> _Task goal_: Each line below should be restated word for word.

> _Data records_:
// Members of what a receiver is now.
ghost use Rattle.std.specs.Prelude.{◌≡◌, IfOk};
ghost use Rattle.cad_evaluation.specs.Builtins as builtins;
ghost use Rattle.cad_evaluation.specs.Reading as reading;
ghost use Rattle.cad_outcomes.specs.Outcomes.{Gives};
ghost use Rattle.cad_receivers.specs.Views.{at_spot, settled_of, spot_of};
ghost use Rattle.cad_rows.specs.Views.{pure_row, pure_tree};
ghost use Rattle.cad_state.specs.Views.{FindsAndCarriesOut};
ghost use Rattle.cad_value_operations.specs.Code.Members as spec;
ghost use Rattle.cad_world.specs.Rows.{bare_tree};

use crate::arguments::argument;
use crate::groups::Group;
use crate::leaves::leaf;
use crate::types::{instance_at, type_at};
use cad_access::composite_in;
use cad_outcomes::Stop;
use cad_receivers::{Settled, Spot, look};
use cad_rows::{
    Place, Tree, copy_row, copy_shape, copy_tree, discard_shape, discard_tree, owns, row_weight,
};
use cad_state::RunState;
use std::alloc::{AllocError, Global};

/// What a receiver is now, without its parts.
pub(crate) fn leaf_of(alloc: Global, spot: Spot<'_>) -> Result<Tree, AllocError>
    ensures { IfOk result (λ t. pure_tree t ≡ spec.leaf_of (spot_of spot.entry).tree) }
{
    let shape = copy_shape(alloc, spot.shape)?;
    Ok(Tree {
        optionals: spot.optionals,
        shape,
        parts: Vec::new(alloc),
    })
}

/// A copy of what a receiver is now, without labels.
pub(crate) fn whole_of(alloc: Global, spot: Spot<'_>) -> Result<Tree, AllocError>
    ensures { IfOk result (λ t. pure_tree t ≡ bare_tree (spot_of spot.entry).tree) }
{
    let shape = copy_shape(alloc, spot.shape)?;
    match copy_row(alloc, spot.parts) {
        Ok(parts) => Ok(Tree {
            optionals: spot.optionals,
            shape,
            parts,
        }),
        Err(error) => {
            discard_shape(shape);
            Err(error)
        }
    }
}

/// A member of what a receiver without parts is.
fn leaf_member(alloc: Global, group: Group, spot: Spot<'_>, row: &[Place]) -> Result<Tree, Stop>
    ensures { Gives pure_tree (spec.leaf_member group (spot_of spot.entry).tree (pure_row row.now)) result }
{
    match leaf_of(alloc, spot) {
        Ok(tree) => {
            let given = leaf(alloc, group, &tree, row);
            discard_tree(tree);
            given
        }
        Err(_) => Err(Stop::Memory),
    }
}

/// A copy of a value; IllTyped where a resource is in it.
fn copied(alloc: Global, tree: &Tree) -> Result<Tree, Stop>
    ensures { Gives pure_tree (reading.copied (pure_tree tree.now)) result }
{
    if owns(tree) {
        return Err(Stop::IllTyped);
    }
    match copy_tree(alloc, tree) {
        Ok(copy) => Ok(copy),
        Err(_) => Err(Stop::Memory),
    }
}

/// The number of the case that a receiver is now.
fn raw_value(alloc: Global, spot: Spot<'_>) -> Result<Tree, Stop>
    ensures { Gives pure_tree (builtins.raw_value (spot_of spot.entry)) result }
{
    match composite_in(spot.optionals, spot.shape) {
        Some(_) => match argument(spot.parts, 0) {
            Some(tree) => copied(alloc, tree),
            None => Err(Stop::IllTyped),
        },
        None => Err(Stop::IllTyped),
    }
}

/// A member of what a receiver is now, that tells nothing of its type.
fn spot_member(alloc: Global, group: Group, spot: Spot<'_>, row: &[Place]) -> Result<Tree, Stop>
    ensures { ¬ (group ≡ Group.OwnType) → ¬ (group ≡ Group.Instance) → Gives pure_tree (spec.spot_member group (spot_of spot.entry) (pure_row row.now)) result }
{
    match group {
        Group::RawValue => raw_value(alloc, spot),
        _ => leaf_member(alloc, group, spot, row),
    }
}

/// A member of what a receiver is now that was settled, that tells nothing of its type.
fn member_here(
    state: &RunState,
    group: Group,
    receiver: Settled<'_>,
    row: &[Place],
) -> Result<Tree, Stop>
    ensures { ¬ (group ≡ Group.OwnType) → ¬ (group ≡ Group.Instance) → FindsAndCarriesOut pure_tree (at_spot (settled_of receiver.entry) (λ spot. spec.spot_member group spot (pure_row row.now))) state.now state.now result }
{
    match look(state, receiver) {
        Ok(spot) => spot_member(*state.making.allocator(), group, spot, row),
        Err(stop) => Err(stop),
    }
}

/// A member of what a receiver is now that was settled, without its charge. Nothing is changed.
pub fn read_member(
    state: &mut RunState,
    group: Group,
    receiver: Settled<'_>,
    row: &[Place],
) -> Result<Tree, Stop>
    ensures { FindsAndCarriesOut pure_tree (at_spot (settled_of receiver.entry) (λ spot. spec.spot_member group spot (pure_row row.now))) state.old state.new result }
{
    match group {
        Group::OwnType => type_at(state, receiver),
        Group::Instance => instance_at(state, receiver, row),
        _ => member_here(state, group, receiver, row),
    }
}

/// How much a search through a row costs beside its result.
fn cost_of(spot: Spot<'_>) -> Result<u64, Stop>
    ensures { Gives (λ n. n) (spec.search_cost (spot_of spot.entry)) result }
{
    let cost = row_weight(spot.parts);
    if cost == u64::MAX {
        Err(Stop::Memory)
    } else {
        Ok(cost)
    }
}

/// How much a search through what a receiver is now that was settled costs beside its result.
pub fn search_cost(state: &RunState, receiver: Settled<'_>) -> Result<u64, Stop>
    ensures { FindsAndCarriesOut (λ n. n) (at_spot (settled_of receiver.entry) spec.search_cost) state.now state.now result }
{
    match look(state, receiver) {
        Ok(spot) => cost_of(spot),
        Err(stop) => Err(stop),
    }
}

> _Task response_:
// Members of what a receiver is now.
ghost use Rattle.std.specs.Prelude.{◌≡◌, IfOk};
ghost use Rattle.cad_evaluation.specs.Builtins as builtins;
ghost use Rattle.cad_evaluation.specs.Reading as reading;
ghost use Rattle.cad_outcomes.specs.Outcomes.{Gives};
ghost use Rattle.cad_receivers.specs.Views.{at_spot, settled_of, spot_of};
ghost use Rattle.cad_rows.specs.Views.{pure_row, pure_tree};
ghost use Rattle.cad_state.specs.Views.{FindsAndCarriesOut};
ghost use Rattle.cad_value_operations.specs.Code.Members as spec;
ghost use Rattle.cad_world.specs.Rows.{bare_tree};

use crate::arguments::argument;
use crate::groups::Group;
use crate::leaves::leaf;
use crate::types::{instance_at, type_at};
use cad_access::composite_in;
use cad_outcomes::Stop;
use cad_receivers::{Settled, Spot, look};
use cad_rows::{
    Place, Tree, copy_row, copy_shape, copy_tree, discard_shape, discard_tree, owns, row_weight,
};
use cad_state::RunState;
use std::alloc::{AllocError, Global};

/// What a receiver is now, without its parts.
pub(crate) fn leaf_of(alloc: Global, spot: Spot<'_>) -> Result<Tree, AllocError>
    ensures { IfOk result (λ t. pure_tree t ≡ spec.leaf_of (spot_of spot.entry).tree) }
{
    let shape = copy_shape(alloc, spot.shape)?;
    Ok(Tree {
        optionals: spot.optionals,
        shape,
        parts: Vec::new(alloc),
    })
}

/// A copy of what a receiver is now, without labels.
pub(crate) fn whole_of(alloc: Global, spot: Spot<'_>) -> Result<Tree, AllocError>
    ensures { IfOk result (λ t. pure_tree t ≡ bare_tree (spot_of spot.entry).tree) }
{
    let shape = copy_shape(alloc, spot.shape)?;
    match copy_row(alloc, spot.parts) {
        Ok(parts) => Ok(Tree {
            optionals: spot.optionals,
            shape,
            parts,
        }),
        Err(error) => {
            discard_shape(shape);
            Err(error)
        }
    }
}

/// A member of what a receiver without parts is.
fn leaf_member(alloc: Global, group: Group, spot: Spot<'_>, row: &[Place]) -> Result<Tree, Stop>
    ensures { Gives pure_tree (spec.leaf_member group (spot_of spot.entry).tree (pure_row row.now)) result }
{
    match leaf_of(alloc, spot) {
        Ok(tree) => {
            let given = leaf(alloc, group, &tree, row);
            discard_tree(tree);
            given
        }
        Err(_) => Err(Stop::Memory),
    }
}

/// A copy of a value; IllTyped where a resource is in it.
fn copied(alloc: Global, tree: &Tree) -> Result<Tree, Stop>
    ensures { Gives pure_tree (reading.copied (pure_tree tree.now)) result }
{
    if owns(tree) {
        return Err(Stop::IllTyped);
    }
    match copy_tree(alloc, tree) {
        Ok(copy) => Ok(copy),
        Err(_) => Err(Stop::Memory),
    }
}

/// The number of the case that a receiver is now.
fn raw_value(alloc: Global, spot: Spot<'_>) -> Result<Tree, Stop>
    ensures { Gives pure_tree (builtins.raw_value (spot_of spot.entry)) result }
{
    match composite_in(spot.optionals, spot.shape) {
        Some(_) => match argument(spot.parts, 0) {
            Some(tree) => copied(alloc, tree),
            None => Err(Stop::IllTyped),
        },
        None => Err(Stop::IllTyped),
    }
}

/// A member of what a receiver is now, that tells nothing of its type.
fn spot_member(alloc: Global, group: Group, spot: Spot<'_>, row: &[Place]) -> Result<Tree, Stop>
    ensures { ¬ (group ≡ Group.OwnType) → ¬ (group ≡ Group.Instance) → Gives pure_tree (spec.spot_member group (spot_of spot.entry) (pure_row row.now)) result }
{
    match group {
        Group::RawValue => raw_value(alloc, spot),
        _ => leaf_member(alloc, group, spot, row),
    }
}

/// A member of what a receiver is now that was settled, that tells nothing of its type.
fn member_here(
    state: &RunState,
    group: Group,
    receiver: Settled<'_>,
    row: &[Place],
) -> Result<Tree, Stop>
    ensures { ¬ (group ≡ Group.OwnType) → ¬ (group ≡ Group.Instance) → FindsAndCarriesOut pure_tree (at_spot (settled_of receiver.entry) (λ spot. spec.spot_member group spot (pure_row row.now))) state.now state.now result }
{
    match look(state, receiver) {
        Ok(spot) => spot_member(*state.making.allocator(), group, spot, row),
        Err(stop) => Err(stop),
    }
}

/// A member of what a receiver is now that was settled, without its charge. Nothing is changed.
pub fn read_member(
    state: &mut RunState,
    group: Group,
    receiver: Settled<'_>,
    row: &[Place],
) -> Result<Tree, Stop>
    ensures { FindsAndCarriesOut pure_tree (at_spot (settled_of receiver.entry) (λ spot. spec.spot_member group spot (pure_row row.now))) state.old state.new result }
{
    match group {
        Group::OwnType => type_at(state, receiver),
        Group::Instance => instance_at(state, receiver, row),
        _ => member_here(state, group, receiver, row),
    }
}

/// How much a search through a row costs beside its result.
fn cost_of(spot: Spot<'_>) -> Result<u64, Stop>
    ensures { Gives (λ n. n) (spec.search_cost (spot_of spot.entry)) result }
{
    let cost = row_weight(spot.parts);
    if cost == u64::MAX {
        Err(Stop::Memory)
    } else {
        Ok(cost)
    }
}

/// How much a search through what a receiver is now that was settled costs beside its result.
pub fn search_cost(state: &RunState, receiver: Settled<'_>) -> Result<u64, Stop>
    ensures { FindsAndCarriesOut (λ n. n) (at_spot (settled_of receiver.entry) spec.search_cost) state.now state.now result }
{
    match look(state, receiver) {
        Ok(spot) => cost_of(spot),
        Err(stop) => Err(stop),
    }
}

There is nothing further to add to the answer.